Deep-Identification-of-Key-Intermediates-DIKI

header

DIKI

Deep Identification of Key Intermediates

DIKI is a VAE-based neural network for analyzing conformations in Molecular Dynamics trajectories. The work has been published on Journal of Chemical Theory and Computation (JCTC). Please cite our paper:

   X. Liu, J. Xing, H. Fu, X. Shao, W. Cai. Analyzing Molecular Dynamics Trajectories Thermodynamically through Artificial Intelligence. Journal of Chemical Theory and Computation, 2024, 20(2): 665-676. DOI: 10.1021/acs.jctc.3c00975

We provide the following codes for use:
   1. align a dcd trajectory to a reference structure and output a npz file of aligned Cartesian coordinates.
   2. build a VAE model
   3. use HDBSCAN iteratively updating the latent space
   4. plot the similarity heatmap used in our paper

clone the repository

git clone https://github.com/Psygoal/Deep-Identification-of-Key-Intermediates-DIKI/
cd ./Deep-Identification-of-Key-Intermediates-DIKI/

environment

The required packages and their versions are included in requirement.txt file. Run the following commands to build your environment:

conda create -n DIKI
conda activate DIKI  
pip install -r requirement.txt

run DIKI

The commonly used hyperparameters of DIKI are defined in parameters.json. Users can simply run

python ./DIKI/main.py -p ./parameters.json

for training DIKI.

parameters

  is_aligned bool, 0 or 1. Whether the dcd trajectory is aligned.
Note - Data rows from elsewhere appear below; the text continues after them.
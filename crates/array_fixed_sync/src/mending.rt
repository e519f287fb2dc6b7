//! The steps of a pending resync.

ghost use Rattle.std.specs.Prelude.{◌≡◌, ◌≢◌, ◌+◌, ◌≤◌, true, false, None, OnOk, OnErr};
ghost use Rattle.array_fixed_io.specs.sb_specs_Reading.{shape_of, is_clean, list_length, is_reshaping};
ghost use Rattle.array_fixed_io.specs.stripe_row_Rows.{reading_of, present};
ghost use Rattle.array_fixed_io.specs.history_Flat.{now};
ghost use Rattle.array_fixed_io.specs.history_Sound.{OpensFit};
ghost use Rattle.array_fixed_io.specs.history_World.{opening_list};
ghost use Rattle.array_fixed_io.specs.history_the_StepKind_TheVariants.{ResyncStripe as ResyncsStripe, ResyncEnded as EndsResync};
ghost use Rattle.array_fixed_io.specs.array_members_Lacking.{AreHoldersFlushed, AreTooMany, RowsStand};
ghost use Rattle.array_fixed_io.specs.crash_views_Regions.{DoWithout};
ghost use Rattle.array_fixed_io.specs.array_members_Placed.{AreStillHeld};
ghost use Rattle.array_fixed_io.specs.array_members_Rebuilding.{Held};
ghost use Rattle.array_fixed_io.specs.sb_safe_updates_First.{write_refusal, IsFirstRefused};
ghost use Rattle.array_fixed_io.specs.array_call_specs_Calls.{AreSparesFewer, HasStripeLeft, IsAllSynced, one_more, AreStepsFewer, AreStepsKept, by_answer, IsCausedBy, IsUnmendable};
ghost use Rattle.array_fixed_io.specs.history_invariant_Recorded.{IsCallGoing};
ghost use Rattle.array_fixed_io.specs.array_specs_Parts.{still_left};
ghost use Rattle.array_fixed_io.specs.array_specs_Calls.{moving_world, IsStepTaken};
ghost use Rattle.array_fixed_io.specs.array_specs_Plans.{ArePlansKept};
ghost use Rattle.array_fixed_io.specs.array_fixed_laws_Steps.{IsStepped, IsClosable};

use crate::refusing::refuse_step;
use array_fixed_io::{
    Array, Bank, Event, Fault, StepKind, Who, append_after_losses, check_going,
    first_resync_refusal, flush_and_mark, left_at_rest, newly_unassigned, resync_rows, shape_in,
    too_many, unassigned_roles,
};

/// A step of the pending resync: makes the parity of its next stripe fit the data. Every role that has data must be there.
/// Refusals: `TooManyMissing` and `NotResynced`. It takes no memory.
pub fn resync_stripe<B: Bank>(still: &mut Array<B>, who: Who) -> Result<(), Fault>
    requires open { IsCallGoing still.old.parts.entries who }
    requires caller { who.caller ≢ 254 }
    requires pending { HasStripeLeft still.old.parts.work.resync still.old.parts.members }
    requires room { 1 ≤ still.old.parts.steps }
    requires still { is_reshaping still.old.parts.members.newest ≡ false }
    ensures entered { IsStepTaken who still.old.parts.entries still.new.parts.entries ResyncsStripe (still_left still.new.parts.work still.new.parts.members still.new.ahead) result }
    ensures stepped { IsStepped B.tells (B.given still.old.parts.bank) (B.tape still.old.parts.bank) (B.tape still.new.parts.bank) (Held still.old.parts.members) (B.faults_of still.old.parts.bank) (B.faults_of still.new.parts.bank) still.old still.new }
    ensures held { AreStillHeld still.old.parts.members still.new.parts.members }
    ensures spares { AreSparesFewer still.old.parts.members still.new.parts.members }
    ensures work { still.new.parts.work ≡ record still.old.parts.work { resync = by_answer result (one_more still.old.parts.work.resync) still.old.parts.work.resync } }
    ensures left { OnOk result (AreStepsFewer still.old.parts.entries still.new.parts.entries (still_left still.old.parts.work still.old.parts.members still.old.ahead) (still_left still.new.parts.work still.new.parts.members still.new.ahead)) }
    ensures stays { OnErr result (AreStepsKept still.old.parts.entries still.new.parts.entries (still_left still.old.parts.work still.old.parts.members still.old.ahead) (still_left still.new.parts.work still.new.parts.members still.new.ahead)) }
    ensures closable { OnOk result (IsClosable still.new) }
    ensures caused { IsCausedBy (list_length still.old.parts.members.newest) 0 IsUnmendable still.old.parts.members still.new.parts.members result }
    ensures first { IsFirstRefused (write_refusal (shape_of still.old.parts.members.newest) false) still.old.parts.members still.new.parts.members result }
    ensures dirty { OnOk result (is_clean still.new.parts.members.newest ≡ false) }
    ensures open { IsCallGoing still.new.parts.entries who }
    ensures room { still.new.parts.steps + 1 ≡ still.old.parts.steps }
    ensures still { is_reshaping still.new.parts.members.newest ≡ false }
    ensures given { B.given still.new.parts.bank ≡ B.given still.old.parts.bank }
{
    if let Some(refusal) = first_resync_refusal(&still.members) {
        refuse_step(still, who, refusal);
        return Err(Fault::Refused(refusal));
    }
    still.steps -= 1;
    check_going(&still.epoch.entries, who);
    let shape = shape_in(&still.members);
    let before = unassigned_roles(&still.members, shape.disks);
    let stripe = still.work.resync.unwrap_or(0);
    let mended = resync_rows(
        &mut still.members,
        &mut still.bank,
        &shape,
        stripe,
        &mut still.rows,
        &mut still.buffer,
    );
    let roles = newly_unassigned(&still.members, shape.disks, before);
    let end = still.bank.ops();
    if let Some(refusal) = mended.refusal {
        let event = Event::Refused { refusal };
        append_after_losses(&mut still.epoch, who, end, roles, mended.spares, event);
        return Err(Fault::Refused(refusal));
    }
    still.work.resync = Some(stripe + 1);
    let kind = StepKind::ResyncStripe;
    let left = left_at_rest(&still.members, &still.work, &still.ahead);
    let event = Event::Step { kind, left };
    append_after_losses(&mut still.epoch, who, end, roles, mended.spares, event);
    Ok(())
}

/// The last step of the pending resync, whose stripes are all mended: flushes the members and marks the array clean. Refusals:
/// `TooManyMissing`. It takes no memory.
pub fn end_resync<B: Bank>(still: &mut Array<B>, who: Who) -> Result<(), Fault>
    requires open { IsCallGoing still.old.parts.entries who }
    requires caller { who.caller ≢ 254 }
    requires pending { IsAllSynced still.old.parts.work.resync still.old.parts.members }
    requires plans { ArePlansKept B.tells (moving_world (B.given still.old.parts.bank) (B.tape still.old.parts.bank) still.old) still.old }
    requires room { 1 ≤ still.old.parts.steps }
    requires still { is_reshaping still.old.parts.members.newest ≡ false }
    ensures entered { IsStepTaken who still.old.parts.entries still.new.parts.entries EndsResync (still_left still.new.parts.work still.new.parts.members still.new.ahead) result }
    ensures stepped { IsStepped B.tells (B.given still.old.parts.bank) (B.tape still.old.parts.bank) (B.tape still.new.parts.bank) (Held still.old.parts.members) (B.faults_of still.old.parts.bank) (B.faults_of still.new.parts.bank) still.old still.new }
    ensures held { AreStillHeld still.old.parts.members still.new.parts.members }
    ensures spares { AreSparesFewer still.old.parts.members still.new.parts.members }
    ensures work { still.new.parts.work ≡ record still.old.parts.work { resync = by_answer result None still.old.parts.work.resync } }
    ensures left { OnOk result (AreStepsFewer still.old.parts.entries still.new.parts.entries (still_left still.old.parts.work still.old.parts.members still.old.ahead) (still_left still.new.parts.work still.new.parts.members still.new.ahead)) }
    ensures stays { OnErr result (AreStepsKept still.old.parts.entries still.new.parts.entries (still_left still.old.parts.work still.old.parts.members still.old.ahead) (still_left still.new.parts.work still.new.parts.members still.new.ahead)) }
    ensures closable { OnOk result (IsClosable still.new) }
    ensures caused { IsCausedBy (list_length still.old.parts.members.newest) 0 AreTooMany still.old.parts.members still.new.parts.members result }
    ensures clean { OnOk result (is_clean still.new.parts.members.newest ≡ true) }
    ensures good { OnOk result (B.tells → DoWithout still.new.parts.members → OpensFit (moving_world (B.given still.new.parts.bank) (B.tape still.new.parts.bank) still.new)
        → RowsStand still.new.parts.members (present (B.given still.new.parts.bank) (B.tape still.new.parts.bank))
        (now (opening_list (moving_world (B.given still.new.parts.bank) (B.tape still.new.parts.bank) still.new)) still.new.parts.entries)) }
    ensures flushed { OnOk result (B.tells → AreHoldersFlushed (reading_of still.new.parts.members) (B.given still.old.parts.bank) (B.tape still.new.parts.bank)) }
    ensures open { IsCallGoing still.new.parts.entries who }
    ensures room { still.new.parts.steps + 1 ≡ still.old.parts.steps }
    ensures still { is_reshaping still.new.parts.members.newest ≡ false }
    ensures given { B.given still.new.parts.bank ≡ B.given still.old.parts.bank }
{
    if let Some(refusal) = too_many(&still.members) {
        refuse_step(still, who, refusal);
        return Err(Fault::Refused(refusal));
    }
    still.steps -= 1;
    check_going(&still.epoch.entries, who);
    let disks = shape_in(&still.members).disks;
    let before = unassigned_roles(&still.members, disks);
    let settled = flush_and_mark(&mut still.members, &mut still.bank, false);
    let roles = newly_unassigned(&still.members, disks, before);
    let end = still.bank.ops();
    if let Some(refusal) = settled.refusal {
        let event = Event::Refused { refusal };
        append_after_losses(&mut still.epoch, who, end, roles, settled.spares, event);
        return Err(Fault::Refused(refusal));
    }
    still.work.resync = None;
    let kind = StepKind::ResyncEnded;
    let left = left_at_rest(&still.members, &still.work, &still.ahead);
    let event = Event::Step { kind, left };
    append_after_losses(&mut still.epoch, who, end, roles, settled.spares, event);
    Ok(())
}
If the value is set as 0, the Cartesian coordinates matrix will aligned with the 1st structure in the trajectory, and the aligned results will be saved at aligned_npz, otherwise the coordinates will be loaded from aligned_npz.

  is_warmedup bool, 0 or 1. Whether the VAE model is pretrained. If the value is set as 0, the model will be initiliazed and trained from the beginning, and the trained model will saved at warmed_up_model_path, otherwise the model will be loaded from warmed_up_model_path.
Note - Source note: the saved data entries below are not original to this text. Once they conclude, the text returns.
//! The next step of a rebuild.

ghost use Rattle.std.specs.Prelude.{◌≡◌, ◌≢◌, ◌+◌, ◌≤◌, None, Err, OnOk, OnErr, false};
ghost use Rattle.array_fixed_io.specs.raid_types_the_Fault_TheVariants.{NoMemory as WantsMemory};
ghost use Rattle.array_fixed_io.specs.sb_specs_Reading.{is_clean, list_length, is_reshaping};
ghost use Rattle.array_fixed_io.specs.stripe_row_Rows.{present};
ghost use Rattle.array_fixed_io.specs.history_World.{opening_list};
ghost use Rattle.array_fixed_io.specs.history_Flat.{now};
ghost use Rattle.array_fixed_io.specs.history_Sound.{OpensFit};
ghost use Rattle.array_fixed_io.specs.history_the_StepKind_TheVariants.{RebuildTaken as TakesRole, RebuildEnded as EndsRebuild};
ghost use Rattle.array_fixed_io.specs.array_members_Lacking.{AreTooMany, RowsStand};
ghost use Rattle.array_fixed_io.specs.crash_views_Regions.{DoWithout};
ghost use Rattle.array_fixed_io.specs.array_call_specs_Calls.{AreHeldOrSpare, IsWholeOrLost, by_answer, AreStepsFewer, AreStepsKept, AreValuesKept, IsRebuildStepped, IsCausedBy};
ghost use Rattle.array_fixed_io.specs.history_invariant_Recorded.{IsCallGoing};
ghost use Rattle.array_fixed_io.specs.array_specs_Parts.{still_left};
ghost use Rattle.array_fixed_io.specs.array_specs_Calls.{moving_world};
ghost use Rattle.array_fixed_io.specs.array_specs_Plans.{ArePlansKept};
ghost use Rattle.array_fixed_io.specs.array_fixed_laws_Steps.{IsStepped, IsClosable, IsCallUnbroken};
ghost use Rattle.array_fixed_io.specs.array_type_Rebuilding.{rebuilt_role, rebuild_kind, rebuild_events, after_rebuild, IsRebuildNext, IsGivenToSpare, IsHeldOrNext};

use crate::choosing::{first_recovering, first_unassigned};
use crate::filling::{end_rebuild, rebuild_stripe, take_role};
use array_fixed_io::{Array, Bank, Fault, Who, first_spare};

// Does the next step of a rebuild: of the lowest role that a slot recovers, its next stripe, or, where all are rebuilt, its
// end; or else gives the lowest role that no slot holds to the lowest spare. Where the slot that is rebuilt is lost, this
// ends the rebuild, and only the loss is entered. Refusals: `TooManyMissing`. It takes no memory.
pub(crate) fn rebuild_step<B: Bank>(still: &mut Array<B>, who: Who) -> Result<(), Fault>
    requires open { IsCallGoing still.old.parts.entries who }
    requires unbroken { rebuild_kind still.old.parts.work still.old.parts.members ≡ EndsRebuild → IsCallUnbroken B.tells (moving_world (B.given still.old.parts.bank) (B.tape still.old.parts.bank) still.old) still.old.parts.entries who }
    requires caller { who.caller ≢ 254 }
    requires synced { still.old.parts.work.resync ≡ None }
    requires pending { IsRebuildNext still.old.parts.members }
    requires plans { ArePlansKept B.tells (moving_world (B.given still.old.parts.bank) (B.tape still.old.parts.bank) still.old) still.old }
    requires room { 1 ≤ still.old.parts.steps }
    requires still { is_reshaping still.old.parts.members.newest ≡ false }
    ensures entered { let role = rebuilt_role still.old.parts.members in IsRebuildStepped who still.old.parts.entries still.new.parts.entries still.new.parts.members role
        (rebuild_events (rebuild_kind still.old.parts.work still.old.parts.members) role (still_left still.new.parts.work still.new.parts.members still.new.ahead)) result }
    ensures memory { result ≢ Err WantsMemory }
    ensures open { IsCallGoing still.new.parts.entries who }
    ensures room { still.new.parts.steps + 1 ≡ still.old.parts.steps }
    ensures work { still.new.parts.work ≡ by_answer result (after_rebuild (rebuild_kind still.old.parts.work still.old.parts.members) (rebuilt_role still.old.parts.members) still.old.parts.work) still.old.parts.work }
    ensures left { OnOk result (AreStepsFewer still.old.parts.entries still.new.parts.entries (still_left still.old.parts.work still.old.parts.members still.old.ahead) (still_left still.new.parts.work still.new.parts.members still.new.ahead)) }
    ensures stays { OnErr result (AreStepsKept still.old.parts.entries still.new.parts.entries (still_left still.old.parts.work still.old.parts.members still.old.ahead) (still_left still.new.parts.work still.new.parts.members still.new.ahead)) }
    ensures closable { OnOk result (IsClosable still.new) }
    ensures list { AreValuesKept still.old.parts.entries still.new.parts.entries }
    ensures caused { IsCausedBy (list_length still.old.parts.members.newest) 0 AreTooMany still.old.parts.members still.new.parts.members result }
    ensures clean { is_clean still.new.parts.members.newest ≡ is_clean still.old.parts.members.newest }
    ensures taken { OnOk result (rebuild_kind still.old.parts.work still.old.parts.members ≡ TakesRole → IsGivenToSpare still.old.parts.members still.new.parts.members) }
    ensures whole { OnOk result (rebuild_kind still.old.parts.work still.old.parts.members ≡ EndsRebuild → IsWholeOrLost still.old.parts.members still.new.parts.members (rebuilt_role still.old.parts.members)) }
    ensures good { OnOk result (rebuild_kind still.old.parts.work still.old.parts.members ≡ EndsRebuild → B.tells → DoWithout still.new.parts.members → OpensFit (moving_world (B.given still.new.parts.bank) (B.tape still.new.parts.bank) still.new)
        → RowsStand still.new.parts.members (present (B.given still.new.parts.bank) (B.tape still.new.parts.bank)) (now (opening_list (moving_world (B.given still.new.parts.bank) (B.tape still.new.parts.bank) still.new)) still.new.parts.entries)) }
    ensures stepped { IsStepped B.tells (B.given still.old.parts.bank) (B.tape still.old.parts.bank) (B.tape still.new.parts.bank) (IsHeldOrNext still.old.parts.work still.old.parts.members) (B.faults_of still.old.parts.bank) (B.faults_of still.new.parts.bank) still.old still.new }
    ensures held { AreHeldOrSpare still.old.parts.members still.new.parts.members }
    ensures still { is_reshaping still.new.parts.members.newest ≡ false }
    ensures given { B.given still.new.parts.bank ≡ B.given still.old.parts.bank }
{
    let disks = still.disks();
    if let Some(role) = first_recovering(still.members(), disks) {
        if still.rebuilt(role) < still.stripes() {
            return rebuild_stripe(still, who, role);
        }
        return end_rebuild(still, who, role);
    }
    let role = first_unassigned(still.members(), disks).unwrap_or(0);
    let slot = first_spare(still.members()).unwrap_or(0);
    take_role(still, who, role, slot)
}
  psf_file_path str. The path of topology file.

  dcd_file_path str. The path of trajectory file.

  aligned_npz str. The path of aligned coordinates, saved as npz file.
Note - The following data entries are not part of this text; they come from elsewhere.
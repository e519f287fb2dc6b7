//! The entries of a call.

ghost use Rattle.std.specs.Prelude.{◌≡◌, ◌++◌, [], ◌∷◌, ◌+◌, ◌<◌, ◌≤◌, ℕ, length};
ghost use Rattle.array_members.specs.history_Flat.{next_number};
ghost use Rattle.array_members.specs.history_OneShape.{IsCallOpen};
ghost use Rattle.array_members.specs.history_Plain.{entries_of};
ghost use Rattle.history_append.specs.Losing.{losses_of, failure_events};
ghost use Rattle.array_members.specs.history_the_Event_TheVariants.{Refused as Refuses};

use crate::losses::append_losses;
use history_laws::{Entries, Entry, Epoch, Event, Refusal, Sectors, Who};

/// The caller's next number, which is at most the number of entries.
pub fn check_number(entries: &Entries, who: Who)
    requires { who.number ≡ next_number who.caller entries.now.items }
    ensures { who.number ≤ length entries.now.items }
{
    let _ = entries.next_number(who.caller);
}

/// The number of a call that is open is at most the number of entries.
pub fn check_open(entries: &Entries, who: Who)
    requires { IsCallOpen entries.now.items who }
    ensures { who.number ≤ length entries.now.items }
{
    let _ = entries.next_number(who.caller);
}

/// One entry of a call, for which there is room.
pub fn append_entry(epoch: &mut Epoch, who: Who, end: u64, event: Event)
    requires room { 0 < epoch.old.entries.room }
    requires number { who.number ≤ length epoch.old.entries.items }
    ensures items { epoch.new.entries.items ≡ epoch.old.entries.items ++ entries_of who end (event ∷ []) }
    ensures room { epoch.old.entries.room ≤ epoch.new.entries.room + 1 }
    ensures uuid { epoch.new.uuid ≡ epoch.old.uuid }
    ensures given { epoch.new.given ≡ epoch.old.given }
    ensures first { epoch.new.first ≡ epoch.old.first }
    ensures last { epoch.new.last ≡ end }
{
    epoch.last = end;
    epoch.entries.put(Entry {
        caller: who.caller,
        number: who.number,
        end,
        event,
    });
}

/// An event behind the losses of these roles and spares.
pub fn append_after_losses(
    epoch: &mut Epoch,
    who: Who,
    end: u64,
    roles: u32,
    spares: u32,
    event: Event,
)
    requires room { 49 ≤ epoch.old.entries.room }
    requires number { who.number ≤ length epoch.old.entries.items }
    ensures items { epoch.new.entries.items ≡ epoch.old.entries.items ++ entries_of who end (losses_of roles spares ++ event ∷ []) }
    ensures room { epoch.old.entries.room ≤ epoch.new.entries.room + 49 }
    ensures uuid { epoch.new.uuid ≡ epoch.old.uuid }
    ensures given { epoch.new.given ≡ epoch.old.given }
    ensures first { epoch.new.first ≡ epoch.old.first }
    ensures last { epoch.new.last ≡ end }
{
    append_losses(epoch, who, end, roles, spares);
    append_entry(epoch, who, end, event);
}

/// The losses of these roles and spares alone.
pub fn append_lost(epoch: &mut Epoch, who: Who, end: u64, roles: u32, spares: u32)
    requires room { 48 ≤ epoch.old.entries.room }
    requires number { who.number ≤ length epoch.old.entries.items }
    ensures items { epoch.new.entries.items ≡ epoch.old.entries.items ++ entries_of who end (losses_of roles spares) }
    ensures room { epoch.old.entries.room ≤ epoch.new.entries.room + 48 }
    ensures uuid { epoch.new.uuid ≡ epoch.old.uuid }
    ensures given { epoch.new.given ≡ epoch.old.given }
    ensures first { epoch.new.first ≡ epoch.old.first }
    ensures last { epoch.new.last ≡ end }
{
    append_losses(epoch, who, end, roles, spares);
    epoch.last = end;
}

/// A write that lost these roles and spares, and is refused: what it may have left counts where its rows had begun to be
/// written.
pub fn append_failure(
    epoch: &mut Epoch,
    who: Who,
    end: u64,
    roles: u32,
    spares: u32,
    torn: bool,
    at: u64,
    body: Sectors,
    refusal: Refusal,
)
    requires room { 50 ≤ epoch.old.entries.room }
    requires number { who.number ≤ length epoch.old.entries.items }
    ensures items { epoch.new.entries.items ≡ epoch.old.entries.items ++ entries_of who end (failure_events roles spares torn at body refusal) }
    ensures room { epoch.old.entries.room ≤ epoch.new.entries.room + 50 }
    ensures uuid { epoch.new.uuid ≡ epoch.old.uuid }
    ensures given { epoch.new.given ≡ epoch.old.given }
    ensures first { epoch.new.first ≡ epoch.old.first }
    ensures last { epoch.new.last ≡ end }
{
    if !torn {
        append_after_losses(epoch, who, end, roles, spares, Event::Refused { refusal });
        return;
    }
    append_after_losses(epoch, who, end, roles, spares, Event::Torn { at, body });
    append_entry(epoch, who, end, Event::Refused { refusal });
}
  selection str. Atom selection language. Details can be found in MDanalysis docs.

  warmed_up_model_path str. The path of warmed_up model, saved as h5 format.

  min_cluster_size int. A pararmter of HDBSCAN, indicating the minimum size of a cluster, also called FFK in our paper.

  min_samples int. A pararmter of HDBSCAN, indicating the number of samples to calculate core distances.

  cluster_selection_method str. A pararmter of HDBSCAN, which can be set as “eom” or “leaf”.

  sigma int. The percentile of probability density, playing a role of threshold for discarding high-free-energy clusters, also called CFK in our paper.

  DIKI_saved_path str. The path of DIKI model, saved as h5 format.

  lam float. The weight of KL loss, and 2-lam indicates the weight of shrinking loss.

  DIKI_batch_size int. Batch size of iterative update of DIKI.

  DIKI_epochs int. Epochs of iterative update of DIKI.

  encoding_info_path str. The path of DIKI encodings and clustering results, saved as csv format.

  similarity_heatmap_saved_path str. The path of similarity heatmap, saved as jpg format.

  similarity_heatmap_number int. The number of structures of each cluster for plotting similarity heatmap.